Import RD signal for each sample from bam/sam/cram file, calculate histograms, partition and calls with specified bin size. It can be any positive integer divisible by 100. We use 10000 in this example:
> cnvpytor -root sample.pytor -rd sample.bam
> cnvpytor -root sample.pytor -his 10000
> cnvpytor -root sample.pytor -partition 10000
> cnvpytor -root sample.pytor -call 10000
Enter interactive plotting mode with all sample you want to plot listed:
> cnvpytor -root sample1.pytor sample2.pytor sample3.pytor sample4.pytor -view 10000
cnvpytor> set Q0_range -1 0.5 # filter calls with more than half not uniqly maped reads
cnvpytor> set p_range 0 0.0001 # filter non-confident calls
cnvpytor> set size_range 50000 inf # filter calls smaller than 50kbp
cnvpytor> set dG_range 100000 inf # filter calls close to gaps in reference genome (<100kbp)

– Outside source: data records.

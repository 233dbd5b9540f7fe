// Rows of nine numbers.
ghost use Rattle.std.specs.Prelude.{◌≡◌, ◌+◌, ◌*◌, ◌≤◌, ◌<◌, length};
ghost use Rattle.entry.specs.Entry.{row_bytes};
ghost use Rattle.rows_check.specs.Tree.{cell, has_fields, count_of, next_section};

use rows_check::kinds;

fn wide(x: u32) -> usize
    ensures { (result ≡ x) × (result < 4294967296) }
{
    x as usize
}

// Number j of row q.
pub(crate) fn cell_of(rows: &[u32], q: usize, j: usize) -> usize
    requires { 9 * q + j < length rows.now }
    ensures { (result ≡ cell rows.now q j) × (result < 4294967296) }
{
    wide(rows[9 * q + j])
}

// The field row q as the first eleven bytes of an entry.
pub(crate) fn entry_of(rows: &[u32], q: usize) -> [u8; 11]
    requires { 9 * (q + 1) ≤ length rows.now }
    ensures { result ≡ row_bytes rows.now (9 * q) }
{
    let a = 9 * q;
    let b = a + 9;
    entry::row_bytes(&rows[a..b], 0)
}

// Whether sections of that kind have fields.
pub(crate) fn has_fields(kind: usize) -> bool
    ensures { result ≡ has_fields kind }
{
    kind == kinds::RECORD || kind == kinds::STRUCT
}

// How many fields or labels the section at row q has.
pub(crate) fn count_of(kind: usize, rows: &[u32], q: usize) -> usize
    requires { 9 * (q + 1) ≤ length rows.now }
    ensures { (result ≡ count_of kind rows.now q) × (result < 4294967296) }
{
    if kind == kinds::RECORD {
        return cell_of(rows, q, 6);
    }
    if kind == kinds::STRUCT {
        return cell_of(rows, q, 4);
    }
    cell_of(rows, q, 3)
}

// The row after the section at row q.
pub(crate) fn next_row(kind: usize, rows: &[u32], q: usize) -> usize
    requires { 9 * (q + 1) ≤ length rows.now }
    ensures { result ≡ next_section kind rows.now q }
{
    let n = count_of(kind, rows, q);
    if has_fields(kind) {
        return q + 1 + n + n;
    }
    q + 1 + n
}
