// Rows of a table: the first ones, those of a case, and whether two tables have the same.
ghost use Rattle.std.specs.Prelude.{◌≡◌, IfOk, vec_len};

use crate::bytes;
use std::alloc::{AllocError, Global};

// The most rows of a table.
const MOST: usize = 65536;

// What stands first in the row of a field.
const FIELD: u32 = 11;

// Room for the rows of a table, nine numbers each.
pub(crate) fn space(alloc: Global) -> Result<Vec<u32>, AllocError>
    ensures { IfOk result (λ v. 589824 ≡ vec_len v) }
{
    vec![in alloc; 0; 589824]
}

// The first n rows of nine; all where the table has fewer.
pub(crate) fn front(table: &[u32], n: usize) -> &[u32] {
    bytes::front(table, n.saturating_mul(9))
}

// n rows: the numbers of s, four bytes each, then its last row over and over. Where that is more than a table has, its room.
pub(crate) fn load(alloc: Global, s: &[u8], n: usize) -> Result<Vec<u32>, AllocError> {
    if MOST < n {
        return space(alloc);
    }
    let (numbers, _) = s.as_chunks::<4>();
    let mut table = Vec::with_capacity(alloc, 9 * n)?;
    // A number may be that of the row above, so they come by their places.
    for i in 0..9 * n {
        let x = match numbers.get(i) {
            Some(x) => u32::from_le_bytes(*x),
            None => above(&table, i),
        };
        table.push(x)?;
    }
    Ok(table)
}

// The number that stands a row above number i; 0 in the first row.
fn above(table: &[u32], i: usize) -> u32 {
    match i.checked_sub(9) {
        Some(at) => table.get(at).copied().unwrap_or(0),
        None => 0,
    }
}

// Whether the rows of a, with their texts in t, are those of b, with theirs in u, but for where these start. There are as many of both.
pub(crate) fn same(a: &[u32], t: &[u8], b: &[u32], u: &[u8]) -> bool {
    let (first, _) = a.as_chunks::<9>();
    let (second, _) = b.as_chunks::<9>();
    first.iter().zip(second).enumerate().all(|(i, (x, y))| {
        same_numbers(x, y) && names::layout_name(t, a, i) == names::layout_name(u, b, i)
    })
}

// Whether two rows have the same numbers, but for the start of a text: a field has none.
fn same_numbers(a: &[u32; 9], b: &[u32; 9]) -> bool {
    a.iter()
        .zip(b)
        .enumerate()
        .all(|(i, (x, y))| x == y || (i == 1 && a[0] != FIELD))
}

cnvpytor> print merged_calls # printing calls on screen
...
...
cnvpytor> set print_filename merged.xlsx # Output filename
cnvpytor> set output_filename merged.png # Prefix for graphical output files
cnvpytor> set annotate # Turn on annotation (optional - takes a lot of time)
cnvpytor> set plot # Turn on ploting for each calls (optional - takes a lot of time)
cnvpytor> print merged_calls # Generate Excel output and png files with RD plots
cnvpytor> quit
File merged.xlsx contains list Excel file with list of all calls merged over samples.
Files merged.regions.0000.png to merged.regions.0047.png contain RD region plots for all 48 calls. This could be used for manual filtering of false positive calls. This is an example of generated plot:
In this example we used data from Illumina Platinum Genomes.